[Opening Material for this task section]
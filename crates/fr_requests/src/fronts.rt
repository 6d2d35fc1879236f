//! The front of a JSON text, read by its bytes: white space, a mark, a number.

ghost use Rattle.std.specs.Prelude.{◌≡◌, ◌<◌, ◌∷◌, ◌++◌, [], true, IfSome, decimal};
ghost use Rattle.json.specs.Lex.{operator_lexeme};
ghost use Rattle.json.specs.Word.{is_operator};
ghost use Rattle.fr_requests.specs.LineLexemes.{unspaced, Begins, number_lexeme};

/// A number greater than this is too large once another digit follows it.
const TENTH: u64 = 429_496_729;

/// The text after any white space at its front. Most lines have none.
#[inline(always)]
pub(crate) fn skip_space(text: &[u8]) -> &[u8]
    ensures { result.now ≡ unspaced text.now }
{
    match text {
        [] | [b'!'..=u8::MAX, ..] => text,
        _ => skip_some_space(text),
    }
}

/// The text after white space. It is not inlined, so that it does not slow down lines without white space.
#[inline(never)]
fn skip_some_space(text: &[u8]) -> &[u8]
    ensures { result.now ≡ unspaced text.now }
{
    let mut rest = text;
    'spaces: while let [b' ' | b'\t' | b'\n' | b'\r', behind @ ..] = rest {
        rest = behind;
    }
    rest
}

/// The text after this mark, if the mark comes next.
#[inline(always)]
pub(crate) fn skip_mark(mark: u8, text: &[u8]) -> Option<&[u8]>
    requires { is_operator mark ≡ true }
    ensures bytes { IfSome result (λ behind. unspaced text.now ≡ mark ∷ behind.now) }
    ensures read { IfSome result (λ behind. Begins text.now (operator_lexeme mark ∷ []) behind.now) }
{
    match text {
        [first, behind @ ..] if *first == mark => Some(behind),
        [] | [b'!'..=u8::MAX, ..] => None,
        _ => skip_space_and_mark(mark, text),
    }
}

/// The text after this mark, if the mark comes next after white space.
#[inline(always)]
fn skip_space_and_mark(mark: u8, text: &[u8]) -> Option<&[u8]>
    ensures { IfSome result (λ behind. unspaced text.now ≡ mark ∷ behind.now) }
{
    match skip_some_space(text) {
        [first, behind @ ..] if *first == mark => Some(behind),
        _ => None,
    }
}

/// Whether only white space is left.
#[inline(always)]
pub(crate) fn is_only_space(text: &[u8]) -> bool
    ensures bytes { result ≡ true → unspaced text.now ≡ [] }
    ensures read { result ≡ true → Begins text.now [] [] }
{
    skip_space(text).is_empty()
}

/// Whether only this mark and white space are left.
pub(crate) fn ends_line(mark: u8, text: &[u8]) -> bool
    requires { is_operator mark ≡ true }
    ensures { result ≡ true → Begins text.now (operator_lexeme mark ∷ []) [] }
{
    match skip_mark(mark, text) {
        Some(behind) => is_only_space(behind),
        None => false,
    }
}

/// The number that comes next, and the text after the mark, if this mark follows the number.
#[inline(always)]
pub(crate) fn number_before(mark: u8, text: &[u8]) -> Option<(u32, &[u8])>
    requires { is_operator mark ≡ true }
    ensures { IfSome result (λ next. Begins text.now (number_lexeme next.0 ∷ operator_lexeme mark ∷ []) next.1.now) }
{
    let (n, rest) = number(skip_space(text))?;
    let behind = skip_mark(mark, rest)?;
    Some((n, behind))
}

/// The number at the front, and the text after it.
#[inline(always)]
pub(crate) fn number(text: &[u8]) -> Option<(u32, &[u8])>
    ensures { IfSome result (λ next. text.now ≡ decimal next.0 ++ next.1.now) }
{
    match text {
        [b'0', behind @ ..] => Some((0, behind)),
        [first @ b'1'..=b'9', behind @ ..] => more_digits(u32::from(first - b'0'), behind),
        _ => None,
    }
}

/// The number whose first digits are those of `start` and whose other digits come next, and the text after it.
#[inline(always)]
fn more_digits(start: u32, digits: &[u8]) -> Option<(u32, &[u8])>
    requires { 0 < start }
    ensures { IfSome result (λ next. decimal start ++ digits.now ≡ decimal next.0 ++ next.1.now) }
{
    let mut number = u64::from(start);
    let mut rest = digits;
    'more: while let [digit @ b'0'..=b'9', behind @ ..] = rest {
        if number > TENTH {
            return None;
        }
        number = number * 10 + u64::from(digit - b'0');
        rest = behind;
    }
    Some((u32::try_from(number).ok()?, rest))
}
[Closing Material for this task section]
Only the lines from the one containing "pub(crate) fn number_before(mark: u8, text: &[u8])" through the end of the records above belong in the output, each exactly as it stands, both ends included.

◆ Answer ◆
pub(crate) fn number_before(mark: u8, text: &[u8]) -> Option<(u32, &[u8])>
    requires { is_operator mark ≡ true }
    ensures { IfSome result (λ next. Begins text.now (number_lexeme next.0 ∷ operator_lexeme mark ∷ []) next.1.now) }
{
    let (n, rest) = number(skip_space(text))?;
    let behind = skip_mark(mark, rest)?;
    Some((n, behind))
}

/// The number at the front, and the text after it.
#[inline(always)]
pub(crate) fn number(text: &[u8]) -> Option<(u32, &[u8])>
    ensures { IfSome result (λ next. text.now ≡ decimal next.0 ++ next.1.now) }
{
    match text {
        [b'0', behind @ ..] => Some((0, behind)),
        [first @ b'1'..=b'9', behind @ ..] => more_digits(u32::from(first - b'0'), behind),
        _ => None,
    }
}

/// The number whose first digits are those of `start` and whose other digits come next, and the text after it.
#[inline(always)]
fn more_digits(start: u32, digits: &[u8]) -> Option<(u32, &[u8])>
    requires { 0 < start }
    ensures { IfSome result (λ next. decimal start ++ digits.now ≡ decimal next.0 ++ next.1.now) }
{
    let mut number = u64::from(start);
    let mut rest = digits;
    'more: while let [digit @ b'0'..=b'9', behind @ ..] = rest {
        if number > TENTH {
            return None;
        }
        number = number * 10 + u64::from(digit - b'0');
        rest = behind;
    }
    Some((u32::try_from(number).ok()?, rest))
}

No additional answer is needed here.